東京の下町足立区梅島生まれ、浅草に育てられた芸人。

確かにこれは紛れもない事実で、この「庶民性」がビートたけしが愛される要素の1つでもある。

しかし、自分がボーヤだった頃は足立区はおろか、浅草へもいかなる郷愁も抱いてはいなかった。

それは当時のタイミングもあるだろうと思う。

1985年からやっと殿は自分がやりたい事を自在にやれる状況が整い、それがすべて大当たり。

「人生これから」との大いなる意欲を抱く人間は振り返らない。当然の事だろう。

8時台の番組はすべて視聴率トップと、日本に「ビートたけし時代」が到来したといってもよい状況。

ーーしかしそんな最中、1985年の冬にこんな事があった。

細かなシチュエーションは忘れたが、あれは冬の寒い夜だった。

羅生門でメシを喰って、軍団とは散会。殿と2人徒歩でマンションへ向かう道中。ボーヤも1年を過ぎ、この頃殿は2人きりになると、ちょっとした愚痴を漏らしたり、時には軽い議論をするような距離感になっていた。
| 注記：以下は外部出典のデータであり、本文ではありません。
use crate::edges::{ADD_DOWN, ADD_UP, MUL_DOWN, MUL_UP, WORDS};
use crate::{
    Counts, Kind, Record, Word, WordErr, add_down, add_up, fields, ge, gt, max, min, mul_down,
    mul_up, neg, read_word, same, write_word,
};
use std::str::SplitWhitespace;
use std::test::Fail;

fn word(value: i64) -> Result<Word, Fail> {
    Ok(Word::of(value).ok_or("no word")?)
}

// The next word of a table.
fn next_word(table: &mut SplitWhitespace<'_>) -> Result<Word, Fail> {
    match table.next().ok_or("short")? {
        "inf" => Ok(Word::INF),
        "-inf" => Ok(Word::MINUS_INF),
        "fin" => Ok(Word::GREATEST),
        "-fin" => Ok(Word::LEAST),
        number => word(number.parse()?),
    }
}

#[test]
fn directed_calls_on_edge_words(rt: HostRuntime) -> Result<(), Fail> {
    let mut sums_down = ADD_DOWN.split_whitespace();
    let mut sums_up = ADD_UP.split_whitespace();
    let mut products_down = MUL_DOWN.split_whitespace();
    let mut products_up = MUL_UP.split_whitespace();
    let mut lefts = WORDS.split_whitespace();
    for row in 0..30 {
        let a = next_word(&mut lefts)?;
        let mut rights = WORDS.split_whitespace();
        for _ in 0..row + 1 {
            let b = next_word(&mut rights)?;
            let sum_down = next_word(&mut sums_down)?;
            let sum_up = next_word(&mut sums_up)?;
            let product_down = next_word(&mut products_down)?;
            let product_up = next_word(&mut products_up)?;
            assert_eq!(rt;
                (add_down(a, b), add_down(b, a)),
                (sum_down, sum_down),
                "{a:?} {b:?}"
            );
            assert_eq!(rt;
                (add_up(a, b), add_up(b, a)),
                (sum_up, sum_up),
                "{a:?} {b:?}"
            );
            assert_eq!(rt;
                (mul_down(a, b), mul_down(b, a)),
                (product_down, product_down),
                "{a:?} {b:?}"
            );
            assert_eq!(rt;
                (mul_up(a, b), mul_up(b, a)),
                (product_up, product_up),
                "{a:?} {b:?}"
            );
        }
    }
    assert_eq!(rt; products_up.next(), None);
    Ok(())
}

// The ends of the product of two intervals.
fn product(left: (Word, Word), right: (Word, Word)) -> (Word, Word) {
    let ((a, b), (c, d)) = (left, right);
    (
        min(
            min(mul_down(a, c), mul_down(a, d)),
            min(mul_down(b, c), mul_down(b, d)),
        ),
        max(
            max(mul_up(a, c), mul_up(a, d)),
            max(mul_up(b, c), mul_up(b, d)),
        ),
    )
}

#[test]
fn products_of_intervals(rt: HostRuntime) -> Result<(), Fail> {
    let (greatest, least) = (Word::GREATEST, Word::LEAST);
    let (inf, minus_inf) = (Word::INF, Word::MINUS_INF);
    let (zero, one, minus_one, two) = (Word::ZERO, Word::ONE, word(-1)?, word(2)?);
    for (left, right, want) in [
        ((greatest, greatest), (two, two), (greatest, inf)),
        ((least, least), (two, two), (minus_inf, least)),
        ((one, inf), (minus_inf, minus_one), (minus_inf, minus_one)),
        ((zero, zero), (minus_inf, inf), (zero, zero)),
    ] {
        assert_eq!(rt; product(left, right), want);
    }
    assert_eq!(rt; add_down(inf, minus_inf), minus_inf);
    assert_eq!(rt; add_up(inf, minus_inf), inf);
    assert_eq!(rt; neg(inf), minus_inf);
    assert!(rt; ge(inf, inf) && gt(inf, greatest) && same(neg(least), greatest));
    assert_eq!(rt; Word::of(i64::MIN), None);
    assert_eq!(rt; Word::of(9_223_372_036_854_775_807), Some(inf));
    assert_eq!(rt; Word::of(-9_223_372_036_854_775_806), Some(least));
    Ok(())
}

#[test]
fn words_are_read(rt: HostRuntime) -> Result<(), Fail> {
    for (text, value) in [
        ("0", 0),
        ("-0", 0),
        ("0000000000000000000000000000012", 12),
        ("-0012", -12),
        ("1000000000000000000", 1_000_000_000_000_000_000),
        ("9223372036854775806", 9_223_372_036_854_775_806),
        ("-9223372036854775806", -9_223_372_036_854_775_806),
        ("inf", i64::MAX),
        ("-inf", -i64::MAX),
    ] {
        assert_eq!(rt; read_word(text.as_bytes()), Ok(word(value)?), "{text}");
    }
    for text in [
        "9223372036854775807",
        "-9223372036854775807",
        "10000000000000000000",
    ] {
        assert_eq!(rt; read_word(text.as_bytes()), Err(WordErr::Range), "{text}");
    }
    for text in [
        "",
        "-",
        "+1",
        "--1",
        "1 ",
        "Inf",
        "+inf",
        "99999999999999999999x",
    ] {
        assert_eq!(rt;
            read_word(text.as_bytes()),
            Err(WordErr::Spelling),
            "{text}"
        );
    }
    Ok(())
}

#[test]
fn words_are_written(rt: HostRuntime) -> Result<(), Fail> {
    for (word, want) in [
        (Word::ZERO, b"0".as_slice()),
        (word(-120)?, b"-120".as_slice()),
        (Word::GREATEST, b"9223372036854775806".as_slice()),
        (Word::LEAST, b"-9223372036854775806".as_slice()),
        (Word::INF, b"inf".as_slice()),
        (Word::MINUS_INF, b"-inf".as_slice()),
    ] {
        let mut out = [0; 20];
        let len = write_word(word, &mut out);
        assert_eq!(rt; &out[..len], want);
    }
    Ok(())
}

#[test]
fn records(rt: HostRuntime) -> Result<(), Fail> {
    let counts = Counts {
        params: 1,
        states: 2,
        controls: 3,
    };
    assert_eq!(rt; fields(Kind::Init, counts), 9);
    assert_eq!(rt; fields(Kind::Choice, counts), 3);
    assert_eq!(rt; fields(Kind::Sense, counts), 6);
    let mut record = Record {
        kind: Kind::Sense,
        words: [Word::ZERO; 64],
        len: 6,
    };
    assert!(rt; record.is_valid(counts));
    record.words[1] = Word::INF;
    assert!(rt; record.is_valid(counts));
    record.words[2] = Word::INF;
    assert!(rt; !record.is_valid(counts));
    record.words[2] = Word::ZERO;
    record.words[3] = word(-1)?;
    assert!(rt; !record.is_valid(counts));
    record.words[3] = Word::ONE;
    record.words[6] = Word::ONE;
    assert!(rt; !record.is_valid(counts));
    record.kind = Kind::Choice;
    assert!(rt; !record.is_valid(counts));
    Ok(())
}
そして四谷四丁目の交差点、信号待ちだった。殿はそこそこに酒が入っていた。

「こんな寒い夜には思い出すんだよ。昔カネがなくて、友達んとこに行ってもよ、誰もカネ貸してくれなくてなあ。寒くて腹減って辛くてなあ、だから冬の夜ってのは大嫌い。」

と独り言のように言っていた。

殿は元々、自己への贅沢など興味もない。服はスタイリストから貰えるし、フグなど値の張る店に食事へ出かけても、一口食べるや「うまい!おまえらも食え!」と皆に勧め、軍団が喜んで食べている姿を見るのが楽しいような人なので、単純に「毎日カネを心配しないで暮らせる」だけで充分満足だったのかも知れない。

売れない頃は出勤時にコーヒー代を幹子さんにねだると「カネがない」とキツく拒否され、ケンカした話も聞いた。

また、これは別の機会に書くが当時は「昔のどん底時代に戻ってしまうのではないか」と常に恐怖心に駆られながら努力を重ねており、それはまさに身を削る「闘争」で、その状況たるや連日凄まじかった。

「過去への恐怖」を裏付ける場面ならいくらでもある。

無名時代のTV関係者のツービートに対する扱いも酷いものだった。

そんな殿は絶対に「カネも名誉も要らない」とは言わないだろう。

一般庶民は自己を肯定したがる傾向が強く、相対的な幸福感に生きるが故に地位のある者、富める者へ願望的幻想を抱きすぎる。

もとより、今の殿なら「貧乏で無名?やなこったい」と本音を述べても誰からも文句は出ないだろうが。